The AChEs were loosely coherent (Figure 3) and differed more widely within their domain than the HIV proteases, notably in shape (PC4) and aromaticity (PC6). All the AChE cavities included both the peripheral anionic site and the catalytic site (where most differences were found). Accordingly, three groups within the AChE domain were identified, with corresponding groups amongst their respective ligands; as shown in Figure 4, 1GPK and 1VOT bind the same ligand, while 1H22 and 1H23 have very similar ligands and 1E66 has a third, different type of ligand. Some of the hydrophobic residues in the active site of AChE are known to very flexible. Phe330 is one of those residues described by Xu et al.73 and a shift in the position of this side chain, exposing an adjacent small pocket, was the cause for the property-differences in the cavities of 1H22/1H23 compared to 1E66.

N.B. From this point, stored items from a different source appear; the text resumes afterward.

//! What each call that takes memory returns if it gets none.

/// The allocator refused memory. Nothing is kept then.
#[derive(Clone, Copy, Debug, PartialEq, Eq)]
pub struct OutOfMemory;
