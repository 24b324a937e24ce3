//! An answer to each line of a text, one after another as long as there is room: counts by tables that the caller keeps, or
//! facts.
ghost use Rattle.std.specs.Prelude.{◌≡◌, ◌<◌, ◌≤◌, ◌-◌, ◌∷◌, [], MatchOption, drop, length, List, ℕ};
ghost use Rattle.niss_embed.specs.LineSearch.{CountsLine};
ghost use Rattle.niss_embed.specs.ManyLines.{text_lines, AnswersLines, TellsFacts, taken};

use crate::line::search::{Wanted, count_line};
use crate::line::search_answer::SearchAnswer;
use niss_lines::{FactsAnswer, Status, facts_of_line};
use niss_search::Tables;
use niss_shell::lines_are_cut;
use std::alloc::Allocator;

/// What a call on many lines returns, which puts an answer to each of them into a caller's room.
#[repr(C)]
#[derive(Clone, Copy, Debug, PartialEq, Eq)]
pub struct LinesAnswer {
    /// The number of `Done`, or of `Usage` if there are no tables.
    pub status: u8,
    /// How many lines were taken, and answers written.
    pub lines: usize,
    /// How many bytes of the text these lines are, with their line feeds.
    pub bytes: usize,
}

/// What is asked of each line, and how it is answered.
trait Question<T> {
    /// The line has this answer.
    ghost answers: { Self → List ℕ → T → Type 0 };

    /// Answers a line.
    fn ask(&self, line: &[u8]) -> T
        ensures { answers self.now line.now result };
}

/// What is seen of each line.
#[derive(Drop)]
struct Facts;

impl Question<FactsAnswer> for Facts {
    ghost answers = { λ question. TellsFacts };

    fn ask(&self, line: &[u8]) -> FactsAnswer {
        facts_of_line(line)
    }
}

/// How many solutions each line has, by the tables of a step.
#[derive(Drop)]
struct Counts<'a, A: Allocator> {
    tables: &'a Tables<A>,
    wanted: Wanted,
}

impl<A: Allocator + Copy> Question<SearchAnswer> for Counts<'_, A> {
    ghost answers = { λ question. CountsLine question.tables.now question.wanted };

    fn ask(&self, line: &[u8]) -> SearchAnswer {
        count_line(self.tables, line, self.wanted)
    }
}

/// The first line, and what is after it.
fn first_line(text: &[u8]) -> Option<(&[u8], &[u8])>
    ensures { MatchOption result (text.now ≡ []) (λ cut. (text_lines text.now ≡ cut.0.now ∷ text_lines cut.1.now)
        × (length cut.1.now < length text.now)
        × (cut.1.now ≡ drop (length text.now - length cut.1.now) text.now)) }
{
    if text.is_empty() {
        return None;
    }
    // so the first cut is that of the first line
    lines_are_cut();
    match text.iter().position(|byte| *byte == b'\n') {
        Some(at) => Some((&text[..at], &text[at + 1..])),
        None => Some((text, &[])),
    }
}

/// So many lines were taken, and this is left of the text.
fn taken(text: &[u8], rest: &[u8], lines: usize) -> LinesAnswer
    requires { length rest.now ≤ length text.now }
    ensures { result ≡ taken lines (length text.now - length rest.now) }
{
    LinesAnswer {
        status: Status::Done.number(),
        lines,
        bytes: text.len() - rest.len(),
    }
}

/// Answers the lines of a text as long as there is room, and tells how many lines and bytes it took.
fn answer_lines<T: Copy, Q: Question<T>>(
    question: &Q,
    text: &[u8],
    answers: &mut [T],
) -> LinesAnswer
    ensures { AnswersLines (Q.answers question.now) text.now answers.old answers.new result }
{
    let mut rest = text;
    let mut lines = 0;
    while lines < answers.len() {
        let Some((line, after)) = first_line(rest) else {
            return taken(text, rest, lines);
        };
        answers[lines] = question.ask(line);
        lines += 1;
        rest = after;
    }
    taken(text, rest, lines)
}

/// Counts the solutions for each line of a text, as `count_line` does for one, as long as there is room for answers.
pub fn count_lines<A: Allocator + Copy>(
    tables: &Tables<A>,
    text: &[u8],
    wanted: Wanted,
    answers: &mut [SearchAnswer],
) -> LinesAnswer
    ensures { AnswersLines (CountsLine tables.now wanted) text.now answers.old answers.new result }
{
    answer_lines(&Counts { tables, wanted }, text, answers)
}

/// Tells what is seen of each line of a text, as `facts_of_line` does of one, as long as there is room for answers.
pub fn facts_of_lines(text: &[u8], answers: &mut [FactsAnswer]) -> LinesAnswer
    ensures { AnswersLines TellsFacts text.now answers.old answers.new result }
{
    answer_lines(&Facts, text, answers)
}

The Ig domain was found to be segregated, appearing in five widely separated parts of the tree (Figure 3), indicating that there are large differences between their ligand-binding cavities, in accordance with expectations since the Ig antigen binding-cavity is known to be extremely variable in 3D structure.74 The examined Igs differed in most of the calculated properties (e.g. size, polarity and charge distribution). However, the two Igs that bind the same ligand (1MFA and 1MFD; Figure 4) also appeared close to each other in the tree, and thus have similar ligand-binding cavities. Interestingly, 1C5C and 1A0Q also appeared close together, although their respective ligands (Figure 4) have only a modest similarity (Comboscore, 0.9). Their ligands both have two acidic functional groups, i.e. phosphonic, carboxylic or sulfonic acids, which induce the rotation of positively charged Arg side chains into the cavity, thus causing these two cavities to be more similar. The Ig and AChE findings illustrate how our method, not dependant on relevant geometric alignments, enables the study of the property differences arising due to conformational differences between the cavities induced by ligands.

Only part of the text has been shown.